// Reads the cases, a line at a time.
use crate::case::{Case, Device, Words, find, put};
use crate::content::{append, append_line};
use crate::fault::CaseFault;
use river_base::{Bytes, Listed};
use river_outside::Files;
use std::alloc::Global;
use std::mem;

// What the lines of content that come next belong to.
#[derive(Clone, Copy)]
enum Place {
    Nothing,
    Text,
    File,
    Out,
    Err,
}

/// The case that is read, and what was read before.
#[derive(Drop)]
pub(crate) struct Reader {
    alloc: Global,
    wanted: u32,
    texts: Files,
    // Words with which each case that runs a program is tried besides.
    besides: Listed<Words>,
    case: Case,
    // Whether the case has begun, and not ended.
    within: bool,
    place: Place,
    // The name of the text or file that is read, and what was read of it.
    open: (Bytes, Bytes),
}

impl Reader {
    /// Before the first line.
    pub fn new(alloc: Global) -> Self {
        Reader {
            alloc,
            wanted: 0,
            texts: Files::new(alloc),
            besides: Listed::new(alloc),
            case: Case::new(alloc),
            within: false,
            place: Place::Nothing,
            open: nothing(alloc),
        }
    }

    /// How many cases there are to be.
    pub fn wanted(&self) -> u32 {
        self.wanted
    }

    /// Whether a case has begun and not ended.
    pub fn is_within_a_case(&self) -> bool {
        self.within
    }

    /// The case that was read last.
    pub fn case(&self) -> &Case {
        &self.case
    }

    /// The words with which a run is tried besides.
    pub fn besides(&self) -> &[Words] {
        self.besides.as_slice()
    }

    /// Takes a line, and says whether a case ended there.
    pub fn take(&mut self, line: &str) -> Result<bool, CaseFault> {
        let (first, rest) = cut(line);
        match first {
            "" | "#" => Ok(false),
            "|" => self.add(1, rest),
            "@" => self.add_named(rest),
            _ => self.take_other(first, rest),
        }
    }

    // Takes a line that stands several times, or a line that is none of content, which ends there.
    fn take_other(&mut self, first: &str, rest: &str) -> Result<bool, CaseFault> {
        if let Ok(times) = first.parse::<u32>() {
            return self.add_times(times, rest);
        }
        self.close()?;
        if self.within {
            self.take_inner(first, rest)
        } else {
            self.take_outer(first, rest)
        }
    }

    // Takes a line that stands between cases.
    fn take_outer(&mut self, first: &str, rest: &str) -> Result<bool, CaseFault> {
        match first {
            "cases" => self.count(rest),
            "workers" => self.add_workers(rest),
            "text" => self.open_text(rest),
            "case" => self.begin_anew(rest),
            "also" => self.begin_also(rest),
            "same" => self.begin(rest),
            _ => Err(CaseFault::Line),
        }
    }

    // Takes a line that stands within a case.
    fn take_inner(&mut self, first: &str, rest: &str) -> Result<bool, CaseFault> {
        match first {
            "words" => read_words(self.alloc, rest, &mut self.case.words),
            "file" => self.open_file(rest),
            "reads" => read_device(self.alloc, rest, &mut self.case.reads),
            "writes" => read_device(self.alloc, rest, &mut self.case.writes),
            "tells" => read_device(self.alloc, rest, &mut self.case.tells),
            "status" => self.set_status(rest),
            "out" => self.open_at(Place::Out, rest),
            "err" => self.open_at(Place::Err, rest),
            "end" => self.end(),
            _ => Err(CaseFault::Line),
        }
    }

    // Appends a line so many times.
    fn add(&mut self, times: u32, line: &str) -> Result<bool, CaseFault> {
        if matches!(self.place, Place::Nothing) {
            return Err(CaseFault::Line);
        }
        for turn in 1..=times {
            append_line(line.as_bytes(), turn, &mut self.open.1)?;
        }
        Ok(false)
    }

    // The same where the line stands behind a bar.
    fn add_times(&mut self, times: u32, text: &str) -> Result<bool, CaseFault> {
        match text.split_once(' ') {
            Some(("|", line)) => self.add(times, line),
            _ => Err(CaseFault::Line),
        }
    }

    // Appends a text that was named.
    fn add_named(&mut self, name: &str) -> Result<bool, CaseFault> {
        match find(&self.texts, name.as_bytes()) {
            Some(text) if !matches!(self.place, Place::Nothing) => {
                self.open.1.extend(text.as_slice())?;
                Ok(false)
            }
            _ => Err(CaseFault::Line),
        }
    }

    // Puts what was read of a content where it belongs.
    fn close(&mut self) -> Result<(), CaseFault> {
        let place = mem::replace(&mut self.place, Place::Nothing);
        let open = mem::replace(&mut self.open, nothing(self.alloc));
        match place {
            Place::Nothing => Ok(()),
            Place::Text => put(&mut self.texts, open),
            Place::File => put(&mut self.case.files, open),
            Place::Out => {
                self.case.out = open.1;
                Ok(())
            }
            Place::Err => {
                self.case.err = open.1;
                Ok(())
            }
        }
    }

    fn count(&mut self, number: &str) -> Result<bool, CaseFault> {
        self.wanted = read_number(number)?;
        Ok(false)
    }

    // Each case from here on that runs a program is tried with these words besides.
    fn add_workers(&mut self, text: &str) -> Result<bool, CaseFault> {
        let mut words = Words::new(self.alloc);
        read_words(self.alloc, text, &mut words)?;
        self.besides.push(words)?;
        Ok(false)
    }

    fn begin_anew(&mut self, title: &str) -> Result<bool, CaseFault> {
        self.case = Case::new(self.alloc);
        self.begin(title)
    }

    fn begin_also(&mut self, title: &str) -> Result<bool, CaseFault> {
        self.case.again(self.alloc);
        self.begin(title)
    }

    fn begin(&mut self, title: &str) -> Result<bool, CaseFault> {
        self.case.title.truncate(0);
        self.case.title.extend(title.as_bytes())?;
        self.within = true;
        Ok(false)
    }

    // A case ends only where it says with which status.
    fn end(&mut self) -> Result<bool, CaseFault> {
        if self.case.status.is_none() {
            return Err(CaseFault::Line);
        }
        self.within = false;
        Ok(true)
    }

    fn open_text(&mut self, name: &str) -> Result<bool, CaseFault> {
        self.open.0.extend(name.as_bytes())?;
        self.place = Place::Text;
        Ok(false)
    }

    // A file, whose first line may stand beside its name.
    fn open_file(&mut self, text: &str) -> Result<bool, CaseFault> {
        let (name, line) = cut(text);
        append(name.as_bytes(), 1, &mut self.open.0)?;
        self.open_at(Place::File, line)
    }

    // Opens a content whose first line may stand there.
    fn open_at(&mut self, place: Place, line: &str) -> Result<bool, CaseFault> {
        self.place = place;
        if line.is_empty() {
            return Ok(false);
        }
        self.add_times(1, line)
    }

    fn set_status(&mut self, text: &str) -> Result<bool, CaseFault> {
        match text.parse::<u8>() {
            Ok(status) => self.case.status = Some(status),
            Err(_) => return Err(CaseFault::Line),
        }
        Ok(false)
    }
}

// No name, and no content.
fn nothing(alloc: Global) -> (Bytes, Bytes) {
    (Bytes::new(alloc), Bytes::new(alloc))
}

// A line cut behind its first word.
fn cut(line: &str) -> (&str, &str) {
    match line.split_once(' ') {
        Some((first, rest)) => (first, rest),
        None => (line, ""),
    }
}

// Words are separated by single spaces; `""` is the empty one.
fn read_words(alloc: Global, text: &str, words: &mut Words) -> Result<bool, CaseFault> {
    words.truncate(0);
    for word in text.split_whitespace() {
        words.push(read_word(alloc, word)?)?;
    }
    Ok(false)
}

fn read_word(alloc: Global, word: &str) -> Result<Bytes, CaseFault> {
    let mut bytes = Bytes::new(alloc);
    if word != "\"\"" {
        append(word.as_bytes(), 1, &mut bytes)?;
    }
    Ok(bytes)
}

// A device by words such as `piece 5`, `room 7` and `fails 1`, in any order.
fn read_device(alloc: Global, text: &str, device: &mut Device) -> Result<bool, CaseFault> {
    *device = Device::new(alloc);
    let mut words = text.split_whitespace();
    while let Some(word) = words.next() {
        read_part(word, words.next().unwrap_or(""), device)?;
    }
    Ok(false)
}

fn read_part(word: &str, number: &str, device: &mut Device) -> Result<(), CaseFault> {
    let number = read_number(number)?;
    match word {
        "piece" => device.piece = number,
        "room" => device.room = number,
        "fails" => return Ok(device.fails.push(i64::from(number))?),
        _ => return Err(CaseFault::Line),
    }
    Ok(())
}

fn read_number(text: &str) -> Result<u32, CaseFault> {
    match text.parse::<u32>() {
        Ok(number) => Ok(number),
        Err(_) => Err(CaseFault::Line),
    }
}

───

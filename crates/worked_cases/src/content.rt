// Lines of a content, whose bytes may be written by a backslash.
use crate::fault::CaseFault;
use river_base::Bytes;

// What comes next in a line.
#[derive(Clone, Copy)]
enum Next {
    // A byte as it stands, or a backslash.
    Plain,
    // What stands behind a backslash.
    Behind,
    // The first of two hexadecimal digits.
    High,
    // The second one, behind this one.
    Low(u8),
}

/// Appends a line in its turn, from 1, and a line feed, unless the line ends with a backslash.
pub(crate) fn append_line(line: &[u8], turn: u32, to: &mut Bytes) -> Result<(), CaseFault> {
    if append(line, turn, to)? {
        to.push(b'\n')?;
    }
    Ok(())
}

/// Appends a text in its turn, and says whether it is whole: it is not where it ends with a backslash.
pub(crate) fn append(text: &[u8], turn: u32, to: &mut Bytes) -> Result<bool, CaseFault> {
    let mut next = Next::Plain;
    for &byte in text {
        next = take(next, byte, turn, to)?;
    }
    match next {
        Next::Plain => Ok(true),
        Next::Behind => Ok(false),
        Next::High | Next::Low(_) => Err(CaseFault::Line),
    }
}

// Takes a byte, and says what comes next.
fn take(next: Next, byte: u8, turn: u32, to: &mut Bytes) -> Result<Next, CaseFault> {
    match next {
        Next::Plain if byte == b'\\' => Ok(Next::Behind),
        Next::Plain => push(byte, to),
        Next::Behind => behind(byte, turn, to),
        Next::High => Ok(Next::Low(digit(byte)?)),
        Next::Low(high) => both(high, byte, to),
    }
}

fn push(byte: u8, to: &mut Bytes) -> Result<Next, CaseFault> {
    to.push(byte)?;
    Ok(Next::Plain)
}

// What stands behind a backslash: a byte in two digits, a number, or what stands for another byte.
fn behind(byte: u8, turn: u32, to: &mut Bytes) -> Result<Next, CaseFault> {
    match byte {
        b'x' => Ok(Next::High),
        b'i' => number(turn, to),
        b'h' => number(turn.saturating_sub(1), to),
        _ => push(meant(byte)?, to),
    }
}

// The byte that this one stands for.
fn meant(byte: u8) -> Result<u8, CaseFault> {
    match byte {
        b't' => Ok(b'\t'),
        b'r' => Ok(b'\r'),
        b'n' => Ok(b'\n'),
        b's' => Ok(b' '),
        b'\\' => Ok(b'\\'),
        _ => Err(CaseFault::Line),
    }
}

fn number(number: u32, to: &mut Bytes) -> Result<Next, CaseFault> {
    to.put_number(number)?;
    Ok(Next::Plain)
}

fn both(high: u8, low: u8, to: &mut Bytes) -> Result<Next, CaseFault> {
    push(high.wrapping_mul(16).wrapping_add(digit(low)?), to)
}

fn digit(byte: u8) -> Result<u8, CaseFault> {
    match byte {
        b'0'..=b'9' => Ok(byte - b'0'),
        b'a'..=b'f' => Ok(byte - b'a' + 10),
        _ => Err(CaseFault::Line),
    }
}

───

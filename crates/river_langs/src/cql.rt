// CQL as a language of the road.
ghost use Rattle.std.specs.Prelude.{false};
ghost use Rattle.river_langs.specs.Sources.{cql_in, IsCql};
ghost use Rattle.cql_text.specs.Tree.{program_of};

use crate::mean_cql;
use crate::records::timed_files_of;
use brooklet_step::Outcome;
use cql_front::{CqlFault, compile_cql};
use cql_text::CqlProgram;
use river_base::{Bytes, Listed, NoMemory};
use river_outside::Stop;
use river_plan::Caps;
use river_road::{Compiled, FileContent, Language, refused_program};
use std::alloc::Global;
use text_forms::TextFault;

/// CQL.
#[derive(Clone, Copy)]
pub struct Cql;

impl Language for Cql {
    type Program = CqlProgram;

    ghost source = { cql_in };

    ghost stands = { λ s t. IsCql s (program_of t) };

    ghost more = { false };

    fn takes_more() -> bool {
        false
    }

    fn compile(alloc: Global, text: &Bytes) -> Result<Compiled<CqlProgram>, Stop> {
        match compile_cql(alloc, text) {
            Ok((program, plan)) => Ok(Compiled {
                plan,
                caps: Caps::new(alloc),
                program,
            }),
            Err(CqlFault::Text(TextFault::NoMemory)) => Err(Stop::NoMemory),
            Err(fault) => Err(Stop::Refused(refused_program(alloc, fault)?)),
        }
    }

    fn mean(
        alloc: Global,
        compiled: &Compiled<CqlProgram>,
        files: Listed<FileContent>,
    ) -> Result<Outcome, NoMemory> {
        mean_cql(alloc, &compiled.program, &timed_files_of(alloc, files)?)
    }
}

───

- What you need to do
Would you print exactly, and only, the lines of the data above from the line with "fn open_at(&mut self, place: Place, line: &str)" through the line with "in any order.", inclusive?

- Exercise response
    fn open_at(&mut self, place: Place, line: &str) -> Result<bool, CaseFault> {
        self.place = place;
        if line.is_empty() {
            return Ok(false);
        }
        self.add_times(1, line)
    }

    fn set_status(&mut self, text: &str) -> Result<bool, CaseFault> {
        match text.parse::<u8>() {
            Ok(status) => self.case.status = Some(status),
            Err(_) => return Err(CaseFault::Line),
        }
        Ok(false)
    }
}

// No name, and no content.
fn nothing(alloc: Global) -> (Bytes, Bytes) {
    (Bytes::new(alloc), Bytes::new(alloc))
}

// A line cut behind its first word.
fn cut(line: &str) -> (&str, &str) {
    match line.split_once(' ') {
        Some((first, rest)) => (first, rest),
        None => (line, ""),
    }
}

// Words are separated by single spaces; `""` is the empty one.
fn read_words(alloc: Global, text: &str, words: &mut Words) -> Result<bool, CaseFault> {
    words.truncate(0);
    for word in text.split_whitespace() {
        words.push(read_word(alloc, word)?)?;
    }
    Ok(false)
}

fn read_word(alloc: Global, word: &str) -> Result<Bytes, CaseFault> {
    let mut bytes = Bytes::new(alloc);
    if word != "\"\"" {
        append(word.as_bytes(), 1, &mut bytes)?;
    }
    Ok(bytes)
}

// A device by words such as `piece 5`, `room 7` and `fails 1`, in any order.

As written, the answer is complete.